Philippines Introduces New VAT Obligations for Foreign Digital Service Providers

  • Introduction of VAT on Digital Services: The Philippines has proposed a 12% VAT on all digital services, including those provided by foreign digital service providers (DSPs), following the enactment of Republic Act No. 12023, which was signed into law on October 2, 2024.
  • Definition of Digital Services: Digital services encompass any service supplied over the internet or electronic networks, including online search engines, e-marketplaces, cloud services, online media, advertising, platforms, and digital goods. These services are considered performed in the Philippines if consumed there.
  • Liability and Registration Requirements: All DSPs, regardless of residency, must assess, collect, and remit VAT on services consumed in the Philippines. Both resident and non-resident DSPs are required to register for VAT, with the Bureau of Internal Revenue (BIR) establishing a simplified registration system for non-residents.
  • Compliance and Invoicing: Non-resident DSPs must issue digital invoices for transactions, including specific mandatory information (transaction date, reference number, consumer identification, description, and total amount inclusive of VAT). Communication with non-resident DSPs will be conducted via email.
  • Exemptions and Implementation Timeline: Certain educational services and transactions with accredited institutions are exempt from VAT. The BIR has the authority to suspend digital services from non-compliant providers. The implementing rules are to be issued within 90 days, with a 120-day transition period before VAT is enforced for non-resident DSPs.
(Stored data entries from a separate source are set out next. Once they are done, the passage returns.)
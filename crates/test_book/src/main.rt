// Runs the book of fits on outside vectors: each call of stdin is made, and its answer and all that
// its areas then hold are printed, a long area by its ends and a checksum.
// host/vectors/book.py says what stdin and stdout hold, and how to make them again.
#![tactic(auto)]

mod print; // print.rt: answers and areas on lines

use book::internal::{accepted, record_at};
use book::{read_book, record_of, write_book};
use console::Console;
use fit::{GeometryFit, Grade};
use homography::Homography;
use radial::Radial;
use std::io;

// What a call does, by its first word.
#[derive(Clone, Copy)]
enum Kind {
    Read,
    Write,
    Keep,
}

impl From<u64> for Kind {
    fn from(word: u64) -> Kind {
        match word {
            0 => Kind::Read,
            1 => Kind::Write,
            _ => Kind::Keep,
        }
    }
}

// A call at a time, to the end of stdin. The areas hold the longest book.
fn main(rt: HostRuntime) -> io::Result<()> {
    let mut console = Console::new(rt);
    let mut book = [0u8; 65536];
    let mut heads = [0u32; 1640];
    let mut numbers = [0u64; 7100];
    for number in 0..10000usize {
        let mut head = [0u8; 40];
        let n = console.read_full(&mut head);
        if n < 40 {
            break;
        }
        print::labelled(&mut console, b"call ", number as u64);
        call(&mut console, &head, &mut book, &mut heads, &mut numbers);
    }
    console.finish()
}

// The call that five words describe, on as much of the areas as it is lent.
fn call(
    console: &mut Console,
    head: &[u8],
    book: &mut [u8],
    heads: &mut [u32],
    numbers: &mut [u64],
) {
    let room = size_at(head, 2).min(book.len());
    let listed = size_at(head, 3).min(heads.len());
    let held = size_at(head, 4).min(numbers.len());
    answer(
        console,
        head,
        &mut book[..room],
        &mut heads[..listed],
        &mut numbers[..held],
    );
}

fn answer(
    console: &mut Console,
    head: &[u8],
    book: &mut [u8],
    heads: &mut [u32],
    numbers: &mut [u64],
) {
    let kind = Kind::from(vectors::word(head, 0));
    let n = size_at(head, 1);
    console.read_full(book);
    load(console, kind, heads, |word| (word % 0x1_0000_0000) as u32);
    load(console, kind, numbers, |word| word);
    match kind {
        Kind::Read => read(console, book, heads, numbers),
        Kind::Write => write(console, heads, numbers, n, book),
        Kind::Keep => keep(console, heads, numbers, n),
    }
}

// ---- input

fn size_at(b: &[u8], i: usize) -> usize {
    vectors::word(b, i) as usize
}

fn load<T: Copy, F: Fn(u64) -> T>(console: &mut Console, kind: Kind, list: &mut [T], narrow: F)
    requires { F.IsAlwaysCallable narrow }
{
    for (k, entry) in list.iter_mut().enumerate() {
        *entry = narrow(entry_before(console, kind, k));
    }
}

// What entry k of a list is before the call. A list to be read into is not on stdin.
fn entry_before(console: &mut Console, kind: Kind, k: usize) -> u64 {
    match kind {
        Kind::Read => 0xa5a5_a5a5_a5a5_0000 + (k % 0x1_0000) as u64,
        Kind::Write | Kind::Keep => next_word(console),
    }
}

fn next_word(console: &mut Console) -> u64 {
    let mut b = [0u8; 8];
    console.read_full(&mut b);
    vectors::word(&b, 0)
}

// ---- the calls

fn read(console: &mut Console, book: &[u8], heads: &mut [u32], numbers: &mut [u64]) {
    let answer = read_book(book, heads, numbers);
    print::answer(console, answer);
    print::heads(console, heads);
    print::numbers(console, numbers);
    print::alone(console, accepted(book));
    if let Ok(count) = answer {
        again(console, heads, numbers, count, book.len());
    }
}

// The book of what was read, in an area as long as the bytes were.
fn again(console: &mut Console, heads: &[u32], numbers: &[u64], count: usize, length: usize) {
    let mut area = [0xeeu8; 65536];
    let room = length.min(area.len());
    write(console, heads, numbers, count, &mut area[..room]);
}

fn write(console: &mut Console, heads: &[u32], numbers: &[u64], count: usize, book: &mut [u8]) {
    print::answer(console, write_book(heads, numbers, count, book));
    print::book(console, book);
}

// Record j as it stands in the lists, its fit, and the record that keeps the same floats.
fn keep(console: &mut Console, heads: &[u32], numbers: &[u64], j: usize) {
    if heads.len() / 3 <= j {
        return;
    }
    if numbers.len() / 13 <= j {
        return;
    }
    let record = record_at(heads, numbers, j);
    print::record(console, record);
    print::fit(console, record.fit());
    let fit = fit_of(record.numbers);
    print::record(
        console,
        record_of(record.panel, record.camera, grade_of(record.grade), fit),
    );
}

// A grade of this number. What else it holds has no place in a record.
fn grade_of(number: u32) -> Grade {
    match number {
        0 => Grade::Score(1.5),
        1 => Grade::Outside(40),
        _ => Grade::TooFew,
    }
}

// The floats of these patterns, each put into its place by name.
fn fit_of(patterns: [u64; 13]) -> GeometryFit {
    let mut m = [0.0; 9];
    for i in 0..9 {
        m[i] = vectors::double(patterns[i]);
    }
    let radial = Radial {
        k: vectors::double(patterns[9]),
        cx: vectors::double(patterns[10]),
        cy: vectors::double(patterns[11]),
        norm: vectors::double(patterns[12]),
    };
    GeometryFit {
        h: Homography { m },
        radial,
    }
}
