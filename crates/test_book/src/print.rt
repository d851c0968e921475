// Answers and areas on lines, on standard output.
use book::FitRecord;
use console::Console;
use fit::GeometryFit;
use frame::Refusal;
use vectors::sum::{self, Number};

pub(crate) fn labelled(console: &mut Console, label: &[u8], number: u64) {
    console.text(label);
    console.decimal(number);
    console.text(b"\n");
}

// Count or length, or what the call is refused for.
pub(crate) fn answer(console: &mut Console, answer: Result<usize, Refusal>) {
    match answer {
        Ok(n) => labelled(console, b"is ", n as u64),
        Err(refusal) => labelled(console, b"refused ", refusal.number() as u64),
    }
}

// What a book is refused for whatever it is read into, and 0 where it is not.
pub(crate) fn alone(console: &mut Console, answer: Result<usize, Refusal>) {
    let number = match answer {
        Ok(_) => 0,
        Err(refusal) => refusal.number(),
    };
    labelled(console, b"bytes ", number as u64);
}

// ---- records and fits

pub(crate) fn record(console: &mut Console, r: FitRecord) {
    heads(console, &[r.panel, r.camera, r.grade]);
    numbers(console, &r.numbers);
}

// The floats of a fit, each taken from its place by name.
pub(crate) fn fit(console: &mut Console, fit: GeometryFit) {
    let lens = fit.radial;
    console.text(b"fit");
    for x in fit.h.m {
        float(console, x);
    }
    for x in [lens.k, lens.cx, lens.cy, lens.norm] {
        float(console, x);
    }
    console.text(b"\n");
}

fn float(console: &mut Console, x: f64) {
    console.text(b" ");
    console.hex(vectors::bits(x), 16);
}

// ---- areas

pub(crate) fn heads(console: &mut Console, l: &[u32]) {
    console.text(b"heads");
    each(console, l, b" ", 8);
    console.text(b"\n");
}

pub(crate) fn numbers(console: &mut Console, l: &[u64]) {
    console.text(b"numbers");
    all_or_ends(console, l, b" ", 16);
    console.text(b"\n");
}

pub(crate) fn book(console: &mut Console, b: &[u8]) {
    console.text(b"book ");
    all_or_ends(console, b, b"", 2);
    console.text(b"\n");
}

// Each entry, or the first and the last of a long list, and the checksum of all of it.
fn all_or_ends<T: Copy + Into<u64> + Number>(
    console: &mut Console,
    l: &[T],
    before: &[u8],
    digits: usize,
) {
    if l.len() < 5000 {
        each(console, l, before, digits);
    } else {
        each(console, &l[..16], before, digits);
        each(console, &l[l.len() - 16..], before, digits);
        console.text(b" ");
        console.decimal(sum::of(l));
    }
}

fn each<T: Copy + Into<u64>>(console: &mut Console, l: &[T], before: &[u8], digits: usize) {
    for x in l {
        console.text(before);
        console.hex((*x).into(), digits);
    }
}
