// The index of a table's names, by which one is found without a walk through the table.
// Document 02, Three. It is made once, while the table is read, and passed down to those who look names up.
ghost use Rattle.std.specs.Prelude.{◌≡◌, ◌^◌, ◌≤◌, ◌<◌};
ghost use Rattle.modes.specs.Index.{key_count, name_count, key_of, added, Listing, FindsNumber};

use crate::SECTION_LIMIT;
use text::parts;

// There are so many keys.
const KEYS: usize = 32;

// A table has at most so many names. They are numbered from 1 on, in the order of the table.
const NAMES: usize = 2 * SECTION_LIMIT;

// The cell of a key has the number of the latest name with this key, or 0. Behind the keys each name has a cell at its number: it has the
// number of the latest name before it with the same key, or 0.
const EARLIER: usize = KEYS;

// Behind these each name has another cell, again at its number: the place of its length byte in the table.
const PLACES: usize = EARLIER + NAMES + 1;

// So many cells has an index. It is empty where all are zero.
pub const CELLS: usize = PLACES + NAMES + 1;

pub type Index = [u16; CELLS];

// The key of a name: its first and its last letter, added up.
pub fn key(name: &[u8]) -> usize
    ensures { (result ≡ key_of name.now) × (result < key_count) }
{
    let Some(&last) = name.last() else {
        return 0;
    };
    (name[0] as usize + last as usize) % KEYS
}

// The number of the name that has this key, if the index lists it. Few names share a key, and only these are compared.
pub fn find(table: &[u8], index: &Index, key: usize, name: &[u8]) -> Option<usize>
    requires { Listing table.now index.now × (key ≡ key_of name.now) }
    ensures { FindsNumber table.now index.now name.now result }
{
    let mut number = index[key] as usize;
    while 0 < number {
        let place = index[PLACES + number] as usize;
        let letters = place + 1;
        let end = letters + table[place] as usize;
        if parts::same(&table[letters..end], name) {
            return Some(number);
        }
        number = index[EARLIER + number] as usize;
    }
    None
}

// Lists one name more, under the next number and its key. Its length byte is at `place`.
pub fn add(index: &mut Index, number: usize, key: usize, place: usize)
    requires { (number ≤ name_count) × (key < key_count) × (place < 2 ^ 16) }
    ensures { index.new ≡ added index.old number key place }
{
    index[EARLIER + number] = index[key];
    index[PLACES + number] = place as u16;
    index[key] = number as u16;
}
New Compliance Obligations for E-commerce in Switzerland from January 1, 2025

  • Strengthened VAT Obligations: Starting January 1, 2025, Switzerland will enhance VAT obligations for online marketplaces and sellers, aligning with existing practices in the European Union and the UK to ensure tax fairness between Swiss and international businesses.
  • Marketplace Registration Requirements: Online marketplaces that facilitate sales to Swiss customers must register with Swiss tax authorities if their revenue exceeds 100,000 CHF. Registration is voluntary for smaller platforms that want to collect VAT and enhance customer experience without customs fees.
  • Responsibilities of Marketplaces: Registered marketplaces will be responsible for collecting, reporting, and remitting Swiss VAT on all sales made through their platforms. Non-compliance could result in customs authorities refusing entry to imported goods or destroying non-compliant items.
  • Exemptions for Small Shipments: Goods valued below 5 CHF are exempt from import VAT, and this exemption remains after the 2025 reforms. Small shipments (valued below 62 CHF, or 200 CHF for reduced-rate goods) will continue to benefit from simplified VAT treatment.
  • Preparation for Compliance: Merchants and platforms must prepare for compliance by the January 1, 2025 deadline, which includes registering or deregistering with Swiss tax authorities and adjusting systems for new administrative requirements. A comprehensive service is offered to assist with registration, VAT reporting, and compliance procedures.